Let me share you two of the humorous moments that left me exploding in laughter the moment they happened and later left their witty side to ponder about and especially now see them in line with the Arab revolt and its implications to other countries with leaders of the same despotic credentials.


The humor


Years ago, on an Easter midnight, everyone at home was breaking the two months long fast gathered around the dinning table, sharing the holiday feast in a festive mood. In the middle of all the eating, drinking and chatting, the housemaid suddenly sounded struck by disbelief, stopped eating, stood up and run out of the living room. As her abruptness caused me wonder, I followed her outside. Out in the garden, at a wooden pole where the sheep slaughtered for the holiday was tied to a day before, she seemed to be searching for something.


“What are you looking for?” I asked.


Without replying my question she simply walked towards the kitchen and then to the garden seemed to be searching for something which I didn’t know. I knew she had remembered something while on dinner, but what could that be?


“I forgot!” she said at last.


“What did you forget?”


 “I forgot to tie the sheep.”


Her reply was greeted by a sudden explosion of laughter from me, those who followed me outside, and those around the dining table. This seemed to confuse the housemaid even more.


“Why are you laughing?” she asked stern.


The laughter was because she was looking for the sheep she was supposed to always tie at night.
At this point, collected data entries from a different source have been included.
// The edges of a table, chained by word, so that the edges with one word are found without a search.
ghost use Rattle.std.specs.Prelude.{◌≡◌, true, ◌≤◌, ◌<◌, IfSome};
ghost use Rattle.table.specs.Edges.{is_edge, word_of, bears, last_below, places, Linked};
ghost use Rattle.table.specs.Lent.{edges_in};
ghost use Rattle.table.specs.Chains.{after};

use crate::chains::wide;
use crate::lent::Edges;

// The edges with their chains: in `head` for each word one more than its last edge, and in `link` for each edge one
// more than the edge before it with the same word; 0 for none.
#[derive(Drop)]
pub struct Chains<'a> {
    pub edges: Edges<'a>,
    pub head: [u16; 256],
    pub link: [u16; 2048],
    pub ghost linked: { Linked (edges_in edges) head link },
}

impl<'a> Chains<'a> {
    // The chains of all edges. It becomes part of its callers, so that the two arrays are made where they are used.
    #[inline(always)]
    pub fn of(edges: Edges<'a>) -> Chains<'a>
        ensures answer { edges_in result.edges ≡ edges_in edges.entry }
    {
        let mut chains = Chains {
            edges: edges,
            head: [0u16; 256],
            link: [0u16; 2048],
        };
        for e in 0..edges.states * 16 {
            if e % 16 < edges.ways {
                let w = wide(edges.word[e]);
                chains.link[e] = chains.head[w];
                chains.head[w] = (e + 1) as u16;
            }
        }
        chains
    }

    // The last edge with the word w.
    pub fn last(&self, w: usize) -> Option<usize>
        requires { w < 256 }
        ensures answer { after result ≡ last_below (edges_in self.now.edges) w (places (edges_in self.now.edges)) }
        ensures edge { IfSome result (λ e. (e < places (edges_in self.now.edges))
            × (bears (edges_in self.now.edges) w e ≡ true)) }
    {
        (self.head[w] as usize).checked_sub(1)
    }

    // The last edge before the edge e with the same word.
    pub fn before(&self, e: usize) -> Option<usize>
        requires inside { e < places (edges_in self.now.edges) }
        requires edge { is_edge (edges_in self.now.edges) e ≡ true }
        ensures answer { after result ≡ last_below (edges_in self.now.edges) (word_of (edges_in self.now.edges) e) e }
        ensures edge { IfSome result (λ d. (d < e)
            × (bears (edges_in self.now.edges) (word_of (edges_in self.now.edges) e) d ≡ true)) }
    {
        (self.link[e] as usize).checked_sub(1)
    }
}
But what she had, for at least that moment, forgotten was that she was enjoying it as dinner with us. Suddenly on the blank about it, she had forgotten that it was slaughtered during the day and that she had made it into all sort of traditional stew we were enjoying. Her night time routine took the better of her.


I still laugh when I remember that moment.
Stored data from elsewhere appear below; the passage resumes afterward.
// The part of a table that its paths use, lent.
ghost use Rattle.std.specs.Prelude.{ℕ, ◌*◌, ◌%◌, ◌^◌, ◌≤◌, ◌<◌, get_or};
ghost use Rattle.table.specs.Edges.{borrowed, Fits};

use crate::Table;
use crate::chains::ways;

// The edges of so many states, as many a state as there are data, with words of q bits. The edge of state s that
// carries datum d has its word and its next state at s * 16 + d.
#[derive(Clone, Copy)]
pub struct Edges<'a> {
    pub states: usize,
    pub ways: usize,
    pub q: usize,
    pub word: &'a [u8; 2048],
    pub next: &'a [u8; 2048],
    pub ghost fits: { Fits (borrowed states ways word next) },
    pub ghost narrow: { q ≤ 8 },
    pub ghost reading: { (e : ℕ) → e < states * 16 → e % 16 < ways → get_or word.now e 0 < 2 ^ q },
}

// What the type of the words says of each.
fn are_bytes(word: [u8; 2048])
    ensures answer { (e : ℕ) → get_or word e 0 < 256 }
{}

impl<'a> Edges<'a> {
    ghost use Rattle.std.specs.Prelude.{◌≡◌};
    ghost use Rattle.table.specs.Value.{Ready};
    ghost use Rattle.table.specs.Edges.{lent};
    ghost use Rattle.table.specs.Lent.{edges_in};

    // The edges of a table.
    pub fn of(t: &'a Table) -> Edges<'a>
        requires { Ready t.now }
        ensures answer { edges_in result ≡ lent t.now }
        ensures width { result.q ≡ t.now.q }
    {
        Edges {
            states: t.states,
            ways: ways(t.p),
            q: t.q,
            word: &t.word,
            next: &t.next,
        }
    }

    // The edges in any arrays that fit: their words are bytes, so of 8 bits.
    pub fn from_arrays(
        states: usize,
        ways: usize,
        word: &'a [u8; 2048],
        next: &'a [u8; 2048],
    ) -> Edges<'a>
        requires { Fits (borrowed states ways word next) }
        ensures answer { edges_in result ≡ borrowed states ways word.entry next.entry }
        ensures width { result.q ≡ 8 }
    {
        are_bytes(*word);
        Edges {
            states,
            ways,
            q: 8,
            word,
            next,
        }
    }
}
The other one happened couple of weeks back when I met a six months old child of my friend’s. When I stepped into my friend’s bedroom, the angel like child looked at me and accompanied with his seraphic smile, he stretched his small hands indicating his need to be hugged. I picked him up happily.

  

Once hugged though, the child still kept smiling and seemed to be looking at something towards the door; my attempt to kiss his beautiful baby face was greeted by his sincere desire towards something at the door I didn’t realize.


I had to ask his mom to learn that the child was searching for me at the door even when he was in my hands. I had to put him back in his cradle to play with him. Well, the child’s spatial abilities were not yet well developed that was why he didn’t realize he was in the hands of the person he was looking for at the door.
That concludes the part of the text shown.